The regime has also coordinated terrorist attacks against the MEK. Last year, a Belgian-Iranian couple was arrested while traveling to the MEK’s Grand Gathering event in Paris with homemade explosives. The regime also coordinated terror plots against the MEK in Albania and the US.

The MEK: A Threat to the Regime’s Future in Power

Vidal-Quadras explains the regime’s obsession with the democratic opposition as the result of a deep concern over the capabilities of the MEK. The group has drawn a great deal of international support.
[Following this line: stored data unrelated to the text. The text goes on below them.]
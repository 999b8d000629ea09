//! Tests by bounds: what a line of a plan has to keep, decided from the spans of its symbols.
#![tactic(auto)]

pub mod bounding;
pub mod nests;
pub mod widths;
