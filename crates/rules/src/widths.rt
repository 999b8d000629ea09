//! Whether stores' coordinates, and the symbols that other forms name, are shown to be small numbers, and marked loops short.

mod near;
mod short;
mod storing;
mod widths;

pub use widths::first_wide_line;
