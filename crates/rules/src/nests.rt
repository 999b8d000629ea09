//! The tests of nests: whether a statement makes its claim, and whether an update's nest does its steps in turn.

mod advancing;
mod at;
mod covering;
mod fetching;
mod filling;
mod folds;
mod lines;
mod matching;
mod plain;
mod ranges;
mod reduction;
mod seats;
mod sides;
mod symbols;
mod unknown;

pub use plain::PlainNests;
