//! A bank of cells: what a word, a cell and a refusal are, and the interface that every memory and every layer implements.
#![tactic(auto)]

mod bank;
mod fault;
mod word;

pub use bank::Bank;
pub use fault::BankFault;
pub use word::{Cell, Change, Word};

/// The most cells that a bank has.
pub const MOST_CELLS: u32 = 4096;
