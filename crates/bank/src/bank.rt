ghost use Rattle.std.specs.Prelude.{◌≡◌, ℕ, ◌≤◌, List, length};
ghost use Rattle.bank.specs.declared.word.Cell.{Cell};
ghost use Rattle.bank.specs.Banks.{Sound, asked, writable, change_taken, change_put, cell_put};

use super::fault::BankFault;
use super::word::{Cell, Change, Word};

/// A list of cells and the largest number that a word of them may have. Neither the limit nor the number of cells ever changes, nor what
/// stands beside the cells.
/// That the limit stays is a clause of each step, here and above: it joins what was and what is, and no type says that.
pub trait Bank {
    ghost limit: { Self → ℕ };

    ghost cells: { Self → List Cell };

    ghost sound: { (s : Self) → Sound (limit s) (cells s) };

    // What a bank is made of besides its cells, such as the memory past them: what one who takes it apart again finds there. Each bank
    // says what that is.
    ghost Beside: { Type 0 };

    ghost beside: { Self → Beside };

    fn size(&self) -> u32
        ensures { result ≡ length (cells self.now) };

    fn word_limit(&self) -> u32
        ensures { result ≡ limit self.now };

    fn cell(&self, n: u32) -> Result<Cell, BankFault>
        ensures { result ≡ asked (cells self.now) n };

    /// The cell n that the word may be put into, or the refusal that `set` gives.
    #[inline(always)]
    fn writable(&self, n: u32, word: Word) -> Result<Cell, BankFault>
        ensures { result ≡ writable (limit self.now) (cells self.now) n word }
    {
        let cell = self.cell(n)?;
        word.within(self.word_limit())?;
        Ok(cell)
    }

    /// Makes a change to cell n, or refuses it and changes nothing.
    fn set(&mut self, n: u32, change: Change) -> Result<(), BankFault>
        ensures answer { result ≡ change_taken (limit self.old) (cells self.old) n change }
        ensures after { cells self.new ≡ change_put (limit self.old) (cells self.old) n change }
        ensures fixed { limit self.new ≡ limit self.old }
        ensures beside { beside self.new ≡ beside self.old };

    /// Sets the three fields of cell n, but for a word above the limit.
    #[tactic(auto, using(crate::proofs::Laws::three_puts))]
    #[inline(always)]
    fn write_cell(&mut self, n: u32, cell: Cell)
        ensures after { cells self.new ≡ cell_put (limit self.old) (cells self.old) n cell }
        ensures fixed { limit self.new ≡ limit self.old }
        ensures beside { beside self.new ≡ beside self.old }
    {
        let _ = self.set(n, Change::Car(cell.car));
        let _ = self.set(n, Change::Cdr(cell.cdr));
        let _ = self.set(n, Change::Mark(cell.mark));
    }
}
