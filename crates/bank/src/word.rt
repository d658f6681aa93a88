ghost use Rattle.std.specs.Prelude.{◌≡◌, Ok};
ghost use Rattle.bank.specs.Words.{number_of, word_in, with_change};
ghost use Rattle.bank.specs.Banks.{taken};

use super::fault::BankFault;

/// What a field of a cell holds. A cell is named by its number: a store has fixed memory of its own, and no call allocates.
/// `Reserved` stands only in the cdr of a cell that is free.
#[derive(Clone, Copy, PartialEq, Eq, Debug)]
pub enum Word {
    Nil,
    Cell(u32),
    Atom(u32),
    Reserved,
}

#[derive(Clone, Copy, PartialEq, Eq, Debug)]
pub struct Cell {
    pub car: Word,
    pub cdr: Word,
    pub mark: bool,
}

/// One field of a cell, and what it is set to.
#[derive(Clone, Copy, PartialEq, Eq, Debug)]
pub enum Change {
    Car(Word),
    Cdr(Word),
    Mark(bool),
}

impl Word {
    #[inline(always)]
    pub fn number(&self) -> u32
        ensures { result ≡ number_of self.now }
    {
        match *self {
            Word::Cell(n) | Word::Atom(n) => n,
            Word::Nil | Word::Reserved => 0,
        }
    }

    /// Refuses a word whose number lies above the limit.
    #[inline(always)]
    pub fn within(&self, limit: u32) -> Result<(), BankFault>
        ensures { result ≡ taken limit self.now (Ok tt) }
    {
        let number = self.number();
        if number > limit {
            return Err(BankFault::WordTooWide(number));
        }
        Ok(())
    }
}

impl Change {
    /// The word that comes into the cell; nil, which always fits, where none does.
    #[inline(always)]
    pub fn word(self) -> Word
        ensures { result ≡ word_in self }
    {
        match self {
            Change::Car(word) | Change::Cdr(word) => word,
            Change::Mark(_) => Word::Nil,
        }
    }
}

impl Cell {
    pub const BLANK: Cell = Cell {
        car: Word::Nil,
        cdr: Word::Nil,
        mark: false,
    };

    /// The cell with one field changed.
    pub fn with(self, change: Change) -> Cell
        ensures { result ≡ with_change change self }
    {
        match change {
            Change::Car(car) => Cell { car, ..self },
            Change::Cdr(cdr) => Cell { cdr, ..self },
            Change::Mark(mark) => Cell { mark, ..self },
        }
    }
}
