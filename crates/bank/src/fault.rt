ghost use Rattle.std.specs.Prelude.{◌≡◌, Some};
ghost use Rattle.bank.specs.Faults.{told, text_of_fault};

use std::error::Error;
use std::fmt;

/// Why a bank refuses: no cell has the number, or the number of the word lies above the limit.
#[derive(Clone, Copy, PartialEq, Eq, Debug)]
pub enum BankFault {
    NoSuchCell(u32),
    WordTooWide(u32),
}

impl BankFault {
    /// The number by which reports name the refusal.
    pub fn number(&self) -> u8
        ensures { result ≡ (told self.now).0 }
    {
        match self {
            BankFault::NoSuchCell(_) => 1,
            BankFault::WordTooWide(_) => 2,
        }
    }
}

impl fmt::Display for BankFault {
    ghost output = { λ x. Some (text_of_fault x) };

    fn fmt<W: fmt::Write>(&self, f: &mut fmt::Formatter<W>) -> fmt::Result {
        match *self {
            BankFault::NoSuchCell(n) => write!(f, "there is no cell {n}"),
            BankFault::WordTooWide(n) => write!(f, "the word's number {n} is above the limit"),
        }
    }
}

impl Error for BankFault {}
At its annual Grand Gathering event, it draws crowds of more than 100,000 supporters and high-profile political figures from across the globe, including Trump’s personal lawyer and former mayor of New York, Rudy Giuliani.

Within Iran, the MEK has a vast network of resistance cells across Iran’s towns and cities. The group was responsible for coordinating many of the protests that quickly spread across Iran in 2018. Its groups counter the regime’s lies, oppression, violence, and human rights abuses wherever they occur and enjoy widespread popularity across the Iranian population, especially among young Iranians.

Vidal-Quadras concludes, “in contrast to the picture that Tehran has tried to paint of the Iranian democratic opposition, the NCRI (and MEK) President Maryam Rajavi has outlined a 10-point plan for the country’s future.” In her plan, Maryam Rajavi provides a detailed roadmap for the country’s transition to democracy, including the holding of free elections, respect for human rights, the separation of religion and state, and a commitment to gender and ethnic equality.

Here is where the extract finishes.